Work order:
From the entries that follow, extract each line holding the string "BaseSlice".

Collected data entries:

- - -

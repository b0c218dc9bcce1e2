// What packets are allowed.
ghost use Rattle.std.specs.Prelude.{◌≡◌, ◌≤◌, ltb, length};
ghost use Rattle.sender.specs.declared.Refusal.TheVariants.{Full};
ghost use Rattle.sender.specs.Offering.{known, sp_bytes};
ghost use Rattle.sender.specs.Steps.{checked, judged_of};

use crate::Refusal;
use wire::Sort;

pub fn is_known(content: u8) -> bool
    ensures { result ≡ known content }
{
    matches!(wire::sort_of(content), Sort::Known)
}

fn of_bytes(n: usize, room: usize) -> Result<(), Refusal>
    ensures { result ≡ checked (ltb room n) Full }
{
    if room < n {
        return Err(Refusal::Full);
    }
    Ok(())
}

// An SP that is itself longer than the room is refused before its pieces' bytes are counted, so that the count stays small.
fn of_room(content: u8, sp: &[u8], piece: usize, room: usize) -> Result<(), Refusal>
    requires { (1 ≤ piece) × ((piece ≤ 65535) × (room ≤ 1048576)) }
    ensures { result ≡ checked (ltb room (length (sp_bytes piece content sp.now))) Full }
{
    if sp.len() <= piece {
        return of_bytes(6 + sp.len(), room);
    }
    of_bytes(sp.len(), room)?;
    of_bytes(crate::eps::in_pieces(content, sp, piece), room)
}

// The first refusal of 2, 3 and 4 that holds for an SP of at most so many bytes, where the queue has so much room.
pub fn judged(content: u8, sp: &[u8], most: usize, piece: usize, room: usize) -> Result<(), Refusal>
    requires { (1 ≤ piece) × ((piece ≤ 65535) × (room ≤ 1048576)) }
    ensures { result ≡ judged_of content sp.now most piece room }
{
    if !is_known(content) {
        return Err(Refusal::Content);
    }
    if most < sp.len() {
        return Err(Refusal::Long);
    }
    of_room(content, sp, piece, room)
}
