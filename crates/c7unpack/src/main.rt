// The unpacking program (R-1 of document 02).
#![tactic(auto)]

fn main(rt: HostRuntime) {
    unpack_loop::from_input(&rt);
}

- - -

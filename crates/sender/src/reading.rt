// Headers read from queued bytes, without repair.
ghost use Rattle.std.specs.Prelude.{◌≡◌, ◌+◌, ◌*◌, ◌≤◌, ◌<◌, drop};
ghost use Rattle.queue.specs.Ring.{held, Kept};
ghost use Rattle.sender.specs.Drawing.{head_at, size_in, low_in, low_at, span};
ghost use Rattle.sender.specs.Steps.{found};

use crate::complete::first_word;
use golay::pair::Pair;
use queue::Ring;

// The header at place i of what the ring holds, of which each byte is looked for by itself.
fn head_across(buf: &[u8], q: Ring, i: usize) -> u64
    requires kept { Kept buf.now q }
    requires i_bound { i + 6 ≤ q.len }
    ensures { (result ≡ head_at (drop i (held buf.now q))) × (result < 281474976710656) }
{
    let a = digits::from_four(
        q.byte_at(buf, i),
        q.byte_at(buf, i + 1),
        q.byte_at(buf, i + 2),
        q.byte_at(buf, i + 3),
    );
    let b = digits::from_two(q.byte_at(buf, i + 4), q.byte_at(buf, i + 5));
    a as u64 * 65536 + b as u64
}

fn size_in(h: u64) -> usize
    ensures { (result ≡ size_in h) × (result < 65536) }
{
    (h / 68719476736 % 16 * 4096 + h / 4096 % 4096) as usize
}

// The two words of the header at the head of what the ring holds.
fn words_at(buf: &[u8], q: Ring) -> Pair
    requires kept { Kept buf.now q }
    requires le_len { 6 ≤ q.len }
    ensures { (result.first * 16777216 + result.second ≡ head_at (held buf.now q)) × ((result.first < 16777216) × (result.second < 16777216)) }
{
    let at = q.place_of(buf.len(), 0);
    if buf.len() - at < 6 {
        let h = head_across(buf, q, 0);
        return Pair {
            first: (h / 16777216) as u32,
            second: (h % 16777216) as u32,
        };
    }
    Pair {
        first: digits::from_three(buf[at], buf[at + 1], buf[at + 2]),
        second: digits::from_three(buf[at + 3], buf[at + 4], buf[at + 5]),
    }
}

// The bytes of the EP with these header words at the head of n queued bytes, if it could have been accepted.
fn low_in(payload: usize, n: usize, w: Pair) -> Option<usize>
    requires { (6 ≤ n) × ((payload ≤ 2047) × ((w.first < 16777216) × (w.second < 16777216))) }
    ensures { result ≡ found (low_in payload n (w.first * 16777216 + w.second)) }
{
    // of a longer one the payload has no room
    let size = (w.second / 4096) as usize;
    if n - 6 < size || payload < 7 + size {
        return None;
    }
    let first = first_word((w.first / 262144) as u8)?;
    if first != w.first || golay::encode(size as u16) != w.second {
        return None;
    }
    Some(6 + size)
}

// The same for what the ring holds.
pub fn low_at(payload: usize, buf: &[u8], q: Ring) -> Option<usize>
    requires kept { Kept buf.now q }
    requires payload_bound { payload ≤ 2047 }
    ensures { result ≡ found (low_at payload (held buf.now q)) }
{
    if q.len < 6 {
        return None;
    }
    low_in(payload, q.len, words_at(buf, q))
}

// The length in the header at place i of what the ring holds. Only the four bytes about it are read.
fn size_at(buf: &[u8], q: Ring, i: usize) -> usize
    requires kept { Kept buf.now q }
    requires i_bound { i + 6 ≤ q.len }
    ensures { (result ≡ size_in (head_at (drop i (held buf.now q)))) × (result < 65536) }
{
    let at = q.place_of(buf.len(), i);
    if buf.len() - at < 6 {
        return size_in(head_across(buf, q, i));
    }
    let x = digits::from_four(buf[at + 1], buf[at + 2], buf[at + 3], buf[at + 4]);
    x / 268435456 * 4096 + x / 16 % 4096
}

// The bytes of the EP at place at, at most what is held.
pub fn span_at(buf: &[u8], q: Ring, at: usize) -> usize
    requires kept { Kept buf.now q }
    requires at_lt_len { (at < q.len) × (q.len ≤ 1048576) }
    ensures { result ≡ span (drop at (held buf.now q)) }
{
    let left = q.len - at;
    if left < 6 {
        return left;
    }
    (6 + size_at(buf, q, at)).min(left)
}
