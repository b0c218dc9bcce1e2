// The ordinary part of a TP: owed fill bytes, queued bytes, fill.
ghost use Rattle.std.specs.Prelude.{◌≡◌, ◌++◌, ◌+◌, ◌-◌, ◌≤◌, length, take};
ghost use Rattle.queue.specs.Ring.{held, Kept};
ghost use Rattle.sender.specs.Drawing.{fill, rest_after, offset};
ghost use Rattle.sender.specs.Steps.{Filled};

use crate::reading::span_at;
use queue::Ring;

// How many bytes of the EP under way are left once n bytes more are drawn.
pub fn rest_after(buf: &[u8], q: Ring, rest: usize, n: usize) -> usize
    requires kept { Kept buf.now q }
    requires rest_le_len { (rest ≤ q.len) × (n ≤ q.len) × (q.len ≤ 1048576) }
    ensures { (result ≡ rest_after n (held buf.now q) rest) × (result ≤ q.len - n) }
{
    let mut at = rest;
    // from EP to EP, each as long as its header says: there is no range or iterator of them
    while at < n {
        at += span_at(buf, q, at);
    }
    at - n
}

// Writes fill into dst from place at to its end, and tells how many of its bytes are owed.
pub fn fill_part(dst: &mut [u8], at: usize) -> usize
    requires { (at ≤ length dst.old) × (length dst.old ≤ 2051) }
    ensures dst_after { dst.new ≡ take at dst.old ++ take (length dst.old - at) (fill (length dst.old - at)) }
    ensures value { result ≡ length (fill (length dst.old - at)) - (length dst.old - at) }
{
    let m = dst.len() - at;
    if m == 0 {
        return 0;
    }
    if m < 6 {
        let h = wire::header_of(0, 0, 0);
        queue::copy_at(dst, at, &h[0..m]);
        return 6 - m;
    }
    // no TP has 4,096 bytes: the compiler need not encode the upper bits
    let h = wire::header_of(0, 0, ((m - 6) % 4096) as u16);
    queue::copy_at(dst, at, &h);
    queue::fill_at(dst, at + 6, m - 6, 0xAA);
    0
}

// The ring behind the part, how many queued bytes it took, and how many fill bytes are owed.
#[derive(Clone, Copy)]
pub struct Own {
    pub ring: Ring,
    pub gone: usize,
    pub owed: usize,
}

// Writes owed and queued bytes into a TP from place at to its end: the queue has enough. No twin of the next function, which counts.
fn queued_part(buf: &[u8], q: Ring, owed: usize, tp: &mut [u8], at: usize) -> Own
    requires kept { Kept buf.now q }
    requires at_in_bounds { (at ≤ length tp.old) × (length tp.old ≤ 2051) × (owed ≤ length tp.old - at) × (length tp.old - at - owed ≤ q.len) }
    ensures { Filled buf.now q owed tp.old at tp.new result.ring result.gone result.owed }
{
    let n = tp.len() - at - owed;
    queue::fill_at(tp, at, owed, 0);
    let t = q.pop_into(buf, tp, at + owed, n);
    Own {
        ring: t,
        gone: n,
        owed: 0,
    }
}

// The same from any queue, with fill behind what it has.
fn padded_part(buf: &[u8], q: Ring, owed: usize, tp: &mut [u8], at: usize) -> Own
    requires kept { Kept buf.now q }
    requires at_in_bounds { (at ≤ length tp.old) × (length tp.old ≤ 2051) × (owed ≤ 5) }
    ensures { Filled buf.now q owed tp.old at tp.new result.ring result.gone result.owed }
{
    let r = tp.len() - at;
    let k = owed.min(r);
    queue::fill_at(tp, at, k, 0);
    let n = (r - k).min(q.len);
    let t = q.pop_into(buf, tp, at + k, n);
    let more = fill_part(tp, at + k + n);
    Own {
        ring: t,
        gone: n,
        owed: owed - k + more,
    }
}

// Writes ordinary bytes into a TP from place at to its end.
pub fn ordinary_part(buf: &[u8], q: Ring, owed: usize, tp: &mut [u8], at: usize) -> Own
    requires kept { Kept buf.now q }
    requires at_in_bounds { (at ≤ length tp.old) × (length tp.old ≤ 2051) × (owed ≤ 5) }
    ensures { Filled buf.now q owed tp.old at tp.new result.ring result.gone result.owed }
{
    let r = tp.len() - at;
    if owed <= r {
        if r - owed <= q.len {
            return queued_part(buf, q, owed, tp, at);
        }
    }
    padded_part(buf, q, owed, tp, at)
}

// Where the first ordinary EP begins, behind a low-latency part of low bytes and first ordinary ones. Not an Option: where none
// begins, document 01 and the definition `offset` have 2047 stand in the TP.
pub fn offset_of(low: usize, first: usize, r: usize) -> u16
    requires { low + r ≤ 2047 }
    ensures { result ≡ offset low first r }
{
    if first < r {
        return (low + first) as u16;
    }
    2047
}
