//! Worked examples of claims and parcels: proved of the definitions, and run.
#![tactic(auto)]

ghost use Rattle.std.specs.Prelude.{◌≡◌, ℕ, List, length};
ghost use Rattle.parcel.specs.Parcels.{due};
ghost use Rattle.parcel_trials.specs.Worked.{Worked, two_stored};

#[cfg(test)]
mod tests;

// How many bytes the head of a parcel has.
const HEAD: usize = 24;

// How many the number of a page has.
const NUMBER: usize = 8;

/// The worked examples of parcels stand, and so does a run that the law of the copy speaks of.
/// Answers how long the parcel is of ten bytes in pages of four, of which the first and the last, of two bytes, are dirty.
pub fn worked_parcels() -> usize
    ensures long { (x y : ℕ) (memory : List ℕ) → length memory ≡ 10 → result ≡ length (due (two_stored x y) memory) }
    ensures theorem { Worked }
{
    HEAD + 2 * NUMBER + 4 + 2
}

- - -

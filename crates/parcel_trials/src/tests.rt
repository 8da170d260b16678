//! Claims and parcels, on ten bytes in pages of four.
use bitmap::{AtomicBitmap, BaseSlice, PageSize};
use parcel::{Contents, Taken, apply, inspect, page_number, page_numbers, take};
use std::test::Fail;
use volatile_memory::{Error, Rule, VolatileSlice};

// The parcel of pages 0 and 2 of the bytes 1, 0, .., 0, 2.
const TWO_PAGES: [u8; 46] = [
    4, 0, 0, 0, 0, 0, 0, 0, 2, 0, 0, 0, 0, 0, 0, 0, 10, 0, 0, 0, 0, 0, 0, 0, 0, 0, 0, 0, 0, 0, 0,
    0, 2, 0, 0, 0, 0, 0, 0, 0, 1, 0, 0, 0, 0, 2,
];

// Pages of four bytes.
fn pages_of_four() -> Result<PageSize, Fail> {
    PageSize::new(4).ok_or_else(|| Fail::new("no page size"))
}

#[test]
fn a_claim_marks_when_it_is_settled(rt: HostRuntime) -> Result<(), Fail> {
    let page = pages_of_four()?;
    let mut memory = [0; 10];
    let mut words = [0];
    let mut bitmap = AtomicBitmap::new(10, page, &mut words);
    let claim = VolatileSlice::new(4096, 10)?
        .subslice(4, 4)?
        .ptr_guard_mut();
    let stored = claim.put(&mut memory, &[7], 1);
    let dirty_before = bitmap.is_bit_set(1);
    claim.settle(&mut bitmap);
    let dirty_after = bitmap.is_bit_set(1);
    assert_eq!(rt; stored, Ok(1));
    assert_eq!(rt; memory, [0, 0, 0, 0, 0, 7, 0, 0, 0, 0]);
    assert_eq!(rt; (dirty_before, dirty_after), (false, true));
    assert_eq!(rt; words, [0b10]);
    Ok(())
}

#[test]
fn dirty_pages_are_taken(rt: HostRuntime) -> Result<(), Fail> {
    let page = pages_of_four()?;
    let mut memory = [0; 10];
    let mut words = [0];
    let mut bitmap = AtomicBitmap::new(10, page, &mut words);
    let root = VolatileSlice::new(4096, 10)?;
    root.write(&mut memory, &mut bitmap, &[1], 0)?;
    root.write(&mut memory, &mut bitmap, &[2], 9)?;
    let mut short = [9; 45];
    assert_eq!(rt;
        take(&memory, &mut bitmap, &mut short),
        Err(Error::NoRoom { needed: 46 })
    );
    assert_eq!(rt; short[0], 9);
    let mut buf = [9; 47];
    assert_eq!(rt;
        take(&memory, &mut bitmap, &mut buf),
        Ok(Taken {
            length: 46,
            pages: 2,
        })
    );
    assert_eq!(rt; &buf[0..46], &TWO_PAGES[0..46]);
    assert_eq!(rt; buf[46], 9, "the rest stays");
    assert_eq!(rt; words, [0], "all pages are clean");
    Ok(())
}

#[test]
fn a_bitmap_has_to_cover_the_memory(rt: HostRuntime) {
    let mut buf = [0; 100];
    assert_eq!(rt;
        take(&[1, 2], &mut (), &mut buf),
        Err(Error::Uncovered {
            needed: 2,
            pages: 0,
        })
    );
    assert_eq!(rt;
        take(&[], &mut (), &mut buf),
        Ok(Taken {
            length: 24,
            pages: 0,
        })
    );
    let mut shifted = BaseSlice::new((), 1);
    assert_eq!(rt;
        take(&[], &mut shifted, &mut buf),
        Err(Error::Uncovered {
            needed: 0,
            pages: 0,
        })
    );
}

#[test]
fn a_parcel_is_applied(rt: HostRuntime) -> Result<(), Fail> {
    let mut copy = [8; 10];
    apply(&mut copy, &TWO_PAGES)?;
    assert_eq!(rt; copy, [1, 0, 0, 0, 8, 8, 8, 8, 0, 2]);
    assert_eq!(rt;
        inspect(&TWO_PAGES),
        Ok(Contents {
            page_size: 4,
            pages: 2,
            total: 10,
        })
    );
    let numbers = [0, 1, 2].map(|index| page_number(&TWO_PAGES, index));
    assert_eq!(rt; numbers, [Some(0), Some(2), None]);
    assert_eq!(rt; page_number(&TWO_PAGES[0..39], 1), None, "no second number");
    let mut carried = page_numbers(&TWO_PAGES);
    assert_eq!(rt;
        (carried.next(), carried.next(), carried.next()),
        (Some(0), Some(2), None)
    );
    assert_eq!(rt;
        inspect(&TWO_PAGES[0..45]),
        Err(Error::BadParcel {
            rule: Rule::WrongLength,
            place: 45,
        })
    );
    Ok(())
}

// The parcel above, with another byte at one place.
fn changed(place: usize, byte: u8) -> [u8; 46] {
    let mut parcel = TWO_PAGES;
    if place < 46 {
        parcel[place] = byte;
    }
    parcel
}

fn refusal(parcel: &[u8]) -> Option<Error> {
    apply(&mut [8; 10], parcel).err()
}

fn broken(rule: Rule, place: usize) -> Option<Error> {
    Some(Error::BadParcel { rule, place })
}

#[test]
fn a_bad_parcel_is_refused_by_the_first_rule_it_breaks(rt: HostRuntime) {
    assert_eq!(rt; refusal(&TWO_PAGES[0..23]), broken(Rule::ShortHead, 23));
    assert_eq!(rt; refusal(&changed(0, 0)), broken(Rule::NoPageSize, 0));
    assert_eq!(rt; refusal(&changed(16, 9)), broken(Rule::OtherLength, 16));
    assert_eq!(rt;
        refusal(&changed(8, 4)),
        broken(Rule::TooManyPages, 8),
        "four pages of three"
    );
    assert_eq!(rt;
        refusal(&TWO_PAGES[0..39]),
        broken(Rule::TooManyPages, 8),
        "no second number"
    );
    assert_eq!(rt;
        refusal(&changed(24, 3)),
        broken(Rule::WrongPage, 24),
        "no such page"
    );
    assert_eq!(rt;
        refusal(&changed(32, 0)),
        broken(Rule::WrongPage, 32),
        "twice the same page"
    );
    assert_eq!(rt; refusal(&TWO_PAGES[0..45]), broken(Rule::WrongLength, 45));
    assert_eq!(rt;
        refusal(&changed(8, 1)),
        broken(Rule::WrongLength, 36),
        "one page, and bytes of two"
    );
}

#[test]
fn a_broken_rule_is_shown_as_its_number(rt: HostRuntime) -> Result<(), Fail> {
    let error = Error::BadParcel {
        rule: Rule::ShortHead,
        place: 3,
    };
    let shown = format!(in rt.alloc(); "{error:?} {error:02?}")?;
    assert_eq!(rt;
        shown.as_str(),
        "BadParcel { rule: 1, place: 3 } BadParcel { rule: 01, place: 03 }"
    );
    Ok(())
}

- - -

Reply to the task:
use bitmap::{AtomicBitmap, BaseSlice, PageSize};
    let mut shifted = BaseSlice::new((), 1);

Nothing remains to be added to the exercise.